(583aj) Screening Of Metal Catalysts For Contaminant Removal in Water

Water pollution is a large problem in the United States and elsewhere. We have long been concerned with contaminants from agricultural run-off and industrial waste. Concerns are now shifting to emerging pharmaceutical and personal care product (PPCP) contaminants, which enter the water system through municipal wastewater. These compounds tend to have recalcitrant chemical structures, making them difficult to remove using conventional treatment techniques. Broadly applicable techniques are needed to remediate these pollutants from the water system, and catalysis is a promising strategy.
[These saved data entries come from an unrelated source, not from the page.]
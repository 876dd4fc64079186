//! Tiles merged from leaves, and beside them what the plain program computes.
ghost use Rattle.std.specs.Prelude.{◌≡◌, ◌≤◌, All, IsTrue};
ghost use Rattle.std.specs.Map.{values_of};
ghost use Rattle.tile_pixels.specs.Tile.{HasShape};

use byteorder::{BigEndian, ByteOrder};
use healpix_nested::cells;
use leaf_probe::{Tiles, merge_up};
use parent_rule::{Depth, Steps};
use pyramid_model::Shape;
use pyramid_model::plain::{Leaves, exists, fits, pixels};
use std::alloc::{AllocError, Global};
use std::collections::BTreeMap;
use std::process::Abort;
use std::test::Fail;
use tile_pixels::Tile;

// Whether the tiles are of that shape.
fn tiles_fit(shape: &Shape, leaves: &Tiles) -> bool
    ensures { IsTrue result → All (λ tile. HasShape tile shape.now.depth shape.now.n) (values_of leaves.now.entries) }
{
    leaves
        .values()
        .all(|tile| tile.depth() == shape.depth && tile.n() == shape.n)
}

// The leaves at or under a cell.
fn leaves_under(shape: &Shape, mut leaves: Tiles, order: u8, npix: u64) -> Tiles
    requires { order ≤ shape.now.top }
{
    let levels = shape.top - order;
    leaves.retain(|leaf, _| *leaf >> (2 * levels) == npix);
    leaves
}

// A tile of 16 bits, 2 by 2 or 4 by 4.
fn tile(alloc: Global, depth: Depth, n: u8, raw: &[u8]) -> Result<Tile, Fail>
    requires { depth.bitpix ≡ 16 }
{
    let mut steps = Steps::new();
    match (n, raw.len()) {
        (1, 8) => Ok(Tile::from_bytes(alloc, raw, depth, 1, &mut steps)?),
        (2, 32) => Ok(Tile::from_bytes(alloc, raw, depth, 2, &mut steps)?),
        _ => Err("no tile".into()),
    }
}

// The numbers of 16 bits in some bytes.
fn numbers(alloc: Global, raw: &[u8]) -> Result<Vec<i64>, Fail> {
    let mut numbers = Vec::new(alloc);
    for place in 0..raw.len() / 2 {
        numbers.push(i64::from(BigEndian::read_i16(&raw[2 * place..])))?;
    }
    Ok(numbers)
}

static FIVE: [(u64, [u8; 8]); 5] = [
    (0, [0, 1, 0, 1, 0, 2, 0, 2]),
    (1, [0, 1, 0, 1, 0, 2, 0, 2]),
    (2, [0, 1, 0, 1, 0, 1, 0, 2]),
    (3, [0, 1, 0, 1, 0, 1, 0, 2]),
    (16, [0, 7, 0, 7, 0, 7, 0, 7]),
];

// Five leaves of 16 bits, 2 by 2.
fn five_leaves(alloc: Global, depth: Depth) -> Result<Tiles, Fail>
    requires { depth.bitpix ≡ 16 }
{
    let mut leaves = BTreeMap::new(alloc);
    for (leaf, raw) in &FIVE {
        leaves.insert(*leaf, tile(alloc, depth, 1, raw)?)?;
    }
    Ok(leaves)
}

// Whether the five leaves, of order 5, are merged into that tile of a cell by so many merges. A tile that doesn't exist has
// no bytes.
fn merges(
    alloc: Global,
    shape: &Shape,
    order: u8,
    npix: u64,
    wanted: &[u8],
    count: u64,
) -> Result<bool, Fail>
    requires depth { shape.now.depth.bitpix ≡ 16 }
    requires order { order ≤ shape.now.top }
{
    let leaves = leaves_under(shape, five_leaves(alloc, shape.depth)?, order, npix);
    if !tiles_fit(shape, &leaves) {
        return Ok(false);
    }
    let mut steps = Steps::new();
    let made = merge_up(alloc, shape, leaves, order, npix, &mut steps)?;
    let is_wanted = match &made {
        Some(tile) => tile.raw() == wanted,
        None => wanted.is_empty(),
    };
    Ok(is_wanted && steps.count() == count)
}

// Each row: a cell's order and number, the bytes of its tile, and how many merges make it.
static CELLS: [(u8, u64, &[u8], u64); 7] = [
    (3, 0, &[128, 0, 128, 0, 0, 2, 128, 0], 2),
    (3, 1, &[128, 0, 128, 0, 0, 7, 128, 0], 2),
    (3, 2, &[], 0),
    (4, 0, &[0, 2, 0, 1, 0, 2, 0, 1], 1),
    (5, 3, &[0, 1, 0, 1, 0, 1, 0, 2], 0),
    (5, 4, &[], 0),
    (0, 0, &[128, 0, 128, 0, 0, 5, 128, 0], 7),
];

#[test]
fn tiles_are_merged_from_the_leaves_under_them(rt: HostRuntime) -> Result<(), Fail> {
    let depth = Depth::new(16, -32768).ok_or("no depth")?;
    let shape = Shape {
        top: 5,
        low: 0,
        n: 1,
        depth,
    };
    for (order, npix, wanted, count) in &CELLS {
        assert!(rt; *order <= 5);
        let went = merges(rt.alloc(), &shape, *order, *npix, *wanted, *count)?;
        assert!(rt; went, "at {order}/{npix}");
    }
    Ok(())
}

static NUMBERS: [i16; 8] = [-32_767, -3, -1, 0, 1, 2, 100, 32_766];

// One of the numbers, or the blank one.
fn made_number(blank: i16, state: &mut u32) -> i16 {
    *state = state.wrapping_mul(1_664_525).wrapping_add(1_013_904_223);
    let chosen = usize::from((*state >> 16) as u16) % 11;
    NUMBERS.get(chosen).copied().unwrap_or(blank)
}

// The bytes of a leaf: numbers out of a row of them, and blank ones.
fn made_leaf(
    alloc: Global,
    count: usize,
    blank: i16,
    state: &mut u32,
) -> Result<Vec<u8>, AllocError> {
    let mut raw = Vec::new(alloc);
    for _place in 0..count {
        let number = made_number(blank, state);
        raw.extend_from_slice(&number.to_be_bytes())?;
    }
    Ok(raw)
}

// Some leaves of a shape: their tiles, and their numbers.
fn made_leaves(alloc: Global, shape: &Shape, blank: i16) -> Result<(Tiles, Leaves), Fail>
    requires { shape.now.depth.bitpix ≡ 16 }
{
    let mut state = 7;
    let mut tiles = BTreeMap::new(alloc);
    let mut leaves = BTreeMap::new(alloc);
    for leaf in [0, 1, 3, 6, 17, 64, 66, 700] {
        let count = if shape.n == 1 { 4 } else { 16 };
        let raw = made_leaf(alloc, count, blank, &mut state)?;
        tiles.insert(leaf, tile(alloc, shape.depth, shape.n, &raw)?)?;
        leaves.insert(leaf, numbers(alloc, &raw)?)?;
    }
    Ok((tiles, leaves))
}

// Merges the leaves up to a cell, and says whether there is a tile, and whether that is the plain program's.
fn merged_as_plain(
    alloc: Global,
    shape: &Shape,
    blank: i16,
    order: u8,
    npix: u64,
) -> Result<(bool, bool), Fail>
    requires depth { shape.now.depth.bitpix ≡ 16 }
    requires order { order ≤ shape.now.top }
{
    let (tiles, leaves) = made_leaves(alloc, shape, blank)?;
    let tiles = leaves_under(shape, tiles, order, npix);
    if order > 20 || npix >= cells(order) || !tiles_fit(shape, &tiles) || !fits(&leaves, shape) {
        return Err("leaves of another shape".into());
    }
    let made = merge_up(alloc, shape, tiles, order, npix, &mut Steps::new())?;
    match made {
        None => Ok((false, !exists(&leaves, shape, order, npix))),
        Some(tile) => {
            let merged = numbers(alloc, tile.raw())?;
            let plain = pixels(alloc, &leaves, shape, order, npix)?;
            let is_plain = merged.as_slice() == plain.as_slice();
            Ok((true, is_plain && exists(&leaves, shape, order, npix)))
        }
    }
}

// Each row: the order of the leaves, n, and the blank number.
static SHAPES: [(u8, u8, i16); 4] = [(3, 1, -32_768), (3, 2, 32_767), (5, 1, 0), (5, 2, -32_768)];

static MERGED: [(u8, u64); 8] = [
    (0, 0),
    (0, 1),
    (1, 0),
    (2, 1),
    (3, 0),
    (3, 1),
    (3, 4),
    (3, 11),
];

// How many of the cells have a tile.
fn count_merged(rt: &impl Abort, alloc: Global, top: u8, n: u8, blank: i16) -> Result<u32, Fail> {
    assert!(rt; 3 <= top && top <= 11 && 1 <= n && n <= 2);
    let depth = Depth::new(16, i64::from(blank)).ok_or("no depth")?;
    let shape = Shape {
        top,
        low: 0,
        n,
        depth,
    };
    let mut count: u32 = 0;
    for (order, npix) in &MERGED {
        assert!(rt; *order <= 3);
        let (is_there, agrees) = merged_as_plain(alloc, &shape, blank, *order, *npix)?;
        assert!(rt; agrees, "tile {npix} of order {order}");
        count = count.saturating_add(u32::from(is_there));
    }
    Ok(count)
}

#[test]
fn merging_makes_what_the_plain_program_computes(rt: HostRuntime) -> Result<(), Fail> {
    let mut count: u32 = 0;
    for (top, n, blank) in &SHAPES {
        count = count.saturating_add(count_merged(&rt, rt.alloc(), *top, *n, *blank)?);
    }
    assert!(rt; count > 12, "only {count} tiles");
    Ok(())
}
In this work, we explore the possibility of using supported Au-based catalysts to decompose both traditional fertilizer and emerging PPCP contaminants in a water environment. We are specifically interested in catalysis for reduction of nitrates, which are broadly representative of fertilizer residuals, and decomposition of valerolactone, which represents a variety of recalcitrant PPCP compounds. We screen different bimetallic and trimetallic Au-based catalysts for their abilities to decompose these compounds in water using density functional theory simulations of small metal catalyst models supported on metal oxide lattices. Compositions are changed by replacing one or two Au atoms with a more reactive transition metal such as Cu, In, Fe, Nb, Pd, or Ti to screen for optimal activity. We use a variety of implicit and explicit solvation models to model the water environment. Preliminary results, which form the basis for general modeling of supported Au catalysts in water, suggest AuFe and AuPd are active for nitrate reduction.